Struct LinUcb

Source

pub struct LinUcb { /* private fields */ }

Expand description

Seedable linear contextual bandit (LinUCB).

Usage:

call select_with_scores(arms, context) to get a choice + debug scores
call update_reward(chosen_arm, context, reward01) after observing reward

Implementations§

Source §

impl LinUcb

Source

pub fn new(cfg: LinUcbConfig) -> Self

Create a new LinUCB instance (deterministic by default).

Source

pub fn scores( &mut self, arms_in_order: &[String], context: &[f64], ) -> BTreeMap<String, LinUcbScore>

Return per-arm (ucb, mean, bonus) scores for a given context.

Source

pub fn select_with_scores<'a>( &mut self, arms_in_order: &'a [String], context: &[f64], ) -> Option<(&'a String, BTreeMap<String, LinUcbScore>)>

Select an arm for a given context, returning the chosen arm + per-arm scores.

Policy:

Explore each arm once (stable order) before using scores.
Otherwise choose argmax UCB; tie-break is stable, with seeded randomness as a last resort.

Source

pub fn decide( &mut self, arms_in_order: &[String], context: &[f64], ) -> Option<Decision>

Select (argmax UCB) and return a unified Decision.

Notes:

Does not include probs (this method is deterministic argmax).
Records explore-first vs deterministic choice.

Explore-first detection: select_with_scores already returns an unseen arm (uses == 0) in stable order before using UCB scores. We re-read the state here to tag the decision correctly; this is intentionally a read-after-select (not a second decision), so the tag always agrees with the choice.

Source

pub fn probabilities( &mut self, arms_in_order: &[String], context: &[f64], temperature: f64, ) -> BTreeMap<String, f64>

Softmax distribution over arms based on their current UCB scores for this context.

This is useful for:

traffic-splitting (probabilistic routing)
logging an approximate propensity distribution for offline evaluation

§Example

use muxer::{LinUcb, LinUcbConfig};

let arms = vec!["a".to_string(), "b".to_string()];
let mut p = LinUcb::new(LinUcbConfig { dim: 2, ..LinUcbConfig::default() });
let probs = p.probabilities(&arms, &[0.2, 0.8], 0.3);
let s: f64 = probs.values().sum();
assert!((s - 1.0).abs() < 1e-9);

Source

pub fn select_softmax_ucb_with_probs<'a>( &mut self, arms_in_order: &'a [String], context: &[f64], temperature: f64, ) -> Option<(&'a String, BTreeMap<String, f64>)>

Select an arm by sampling from probabilities(...), returning the chosen arm and the probabilities used.

Policy:

Explore each arm once in stable order (still returns a full probs map).
Otherwise sample from a softmax over UCB scores (seeded RNG).

§Example

use muxer::{LinUcb, LinUcbConfig};

let arms = vec!["a".to_string(), "b".to_string()];
let mut p = LinUcb::new(LinUcbConfig { dim: 2, seed: 0, ..LinUcbConfig::default() });
let (chosen, probs) = p.select_softmax_ucb_with_probs(&arms, &[0.2, 0.8], 0.3).unwrap();
p.update_reward(chosen, &[0.2, 0.8], 1.0);
let s: f64 = probs.values().sum();
assert!((s - 1.0).abs() < 1e-9);

Source

pub fn decide_softmax_ucb( &mut self, arms_in_order: &[String], context: &[f64], temperature: f64, ) -> Option<Decision>

Select via softmax over UCB scores and return a unified Decision.

Notes:

Always includes probs (the softmax allocation over UCB for this context).
Records explore-first vs sampling and numerical fallback.

Source

pub fn update_reward(&mut self, arm: &str, context: &[f64], reward01: f64)

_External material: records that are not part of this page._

//! An encrypted value: its items, and the bytes that are stored in its place.

ghost use Rattle.std.specs.Prelude.{◌≡◌, ◌≤◌, ◌+◌, ◌*◌, [], ◌∷◌, length, drop, IfOk, nat_abs};
ghost use Rattle.qe_seal.specs.Enciphered.{enciphered};
ghost use Rattle.qe_command.specs.Items.{own_tokens, items_of};
ghost use Rattle.qe_protocol.specs.Indexing.{nonce_at, indexed_value};
ghost use Rattle.qe_indexed.specs.Spelling.{written};
ghost use Rattle.qe_indexing.specs.Plans.{index_in};
ghost use Rattle.qe_indexing.specs.Items.{ItemsPlanned};
ghost use Rattle.qe_indexing.specs.Cells.{IsStorable, ValuePlanned};

use crate::items::{index_items, nonces_from};
use crate::plan::{Plan, Standing};
use qe_aes::ctr;
use qe_base::{Bytes, NoMemory};
use qe_indexed::{Blocks, IndexedValue};
use qe_payload::{EdgeTokens, InsertPayload};
use std::alloc::Global;

/// How many items a payload has.
pub(crate) fn item_count(payload: &InsertPayload) -> usize
    ensures { result ≡ length (items_of payload.now) }
{
    match &payload.g {
        Some(edges) => edges.len(),
        None => 1,
    }
}

/// The value's own tokens.
fn own_tokens(payload: &InsertPayload) -> EdgeTokens
    ensures { result ≡ own_tokens payload.now }
{
    EdgeTokens {
        d: payload.d,
        s: payload.s,
        l: payload.l,
        p: payload.p,
    }
}

/// Plans the items of a payload. Each takes two nonces.
fn index_payload(
    standing: &Standing,
    field: u32,
    payload: &InsertPayload,
    nonces: &[[u8; 16]],
    plan: &mut Plan,
) -> Result<Blocks, NoMemory>
    requires { 2 * length (items_of payload.now) ≤ length nonces.now }
    ensures { IfOk result (ItemsPlanned (index_in standing.now) field (nat_abs payload.now.k) (items_of payload.now) nonces.now (drop (2 * length (items_of payload.now)) nonces.now) plan.old plan.new) }
{
    let factor = payload.k.unsigned_abs();
    match &payload.g {
        Some(edges) => index_items(standing, field, factor, edges.slice(), nonces, plan),
        None => index_items(
            standing,
            field,
            factor,
            &[own_tokens(payload)],
            nonces,
            plan,
        ),
    }
}

/// The IV, and the counter mode of the bytes under it.
fn server_value(
    alloc: Global,
    key: &[u8; 32],
    iv: &[u8; 16],
    sent: &[u8],
) -> Result<Bytes, NoMemory>
    ensures value { IfOk result (λ value. value ≡ enciphered key.now iv.now sent.now) }
    ensures long { IfOk result (λ value. 16 ≤ length value) }
{
    let mut bytes = Vec::from_slice(alloc, sent)?;
    ctr(key, iv, bytes.as_mut_slice());
    let mut value = Bytes::from_slice(alloc, iv)?;
    value.extend(bytes.as_slice())?;
    Ok(value)
}

/// Plans an encrypted value of a field, and gives the bytes that are stored in its place. It takes one nonce, and two for
/// each of its items.
pub(crate) fn index_value(
    standing: &Standing,
    field: u32,
    payload: &InsertPayload,
    nonces: &[[u8; 16]],
    plan: &mut Plan,
) -> Result<Bytes, NoMemory>
    requires storable { IsStorable payload.now }
    requires nonces { 1 + 2 * length (items_of payload.now) ≤ length nonces.now }
    ensures { IfOk result (ValuePlanned (index_in standing.now) field payload.now nonces.now plan.old plan.new) }
{
    let blocks = index_payload(standing, field, payload, nonces_from(nonces, 1), plan)?;
    let iv = nonces[0];
    let server_value = server_value(standing.alloc, &payload.e, &iv, payload.v.slice())?;
    let value = IndexedValue {
        range: payload.g.is_some(),
        key_id: payload.u,
        value_kind: payload.t.unsigned_abs() as u8,
        server_value,
        blocks,
    };
    value.write(standing.alloc)
}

Update the model for arm given the same context used for selection and a reward in [0, 1].

Source

pub fn theta_vectors( &mut self, arms_in_order: &[String], ) -> BTreeMap<String, Vec<f64>>

Return per-arm theta vectors (A_inv @ b) for sensitivity analysis.

Each arm’s theta is its learned response function: E[reward | context x] = theta^T x. The matrix of theta vectors (arms x dim) can be fed to pare::sensitivity::analyze_redundancy to compute the gradient rank and identify which arms have genuinely different context-dependent behavior.

Source

pub fn snapshot(&self) -> LinUcbState

Capture a persistence snapshot of the current LinUCB state.

This includes per-arm sufficient statistics (A_inv, b, uses) so that a caller can serialize, store, and later restore the policy state across process restarts.

Source

pub fn restore(&mut self, st: LinUcbState)

Restore a previously snapshotted LinUCB state.

Arms not present in the snapshot are initialized fresh. Arms in the snapshot but not in the current arm set are ignored. Dimension mismatches cause affected arms to be re-initialized.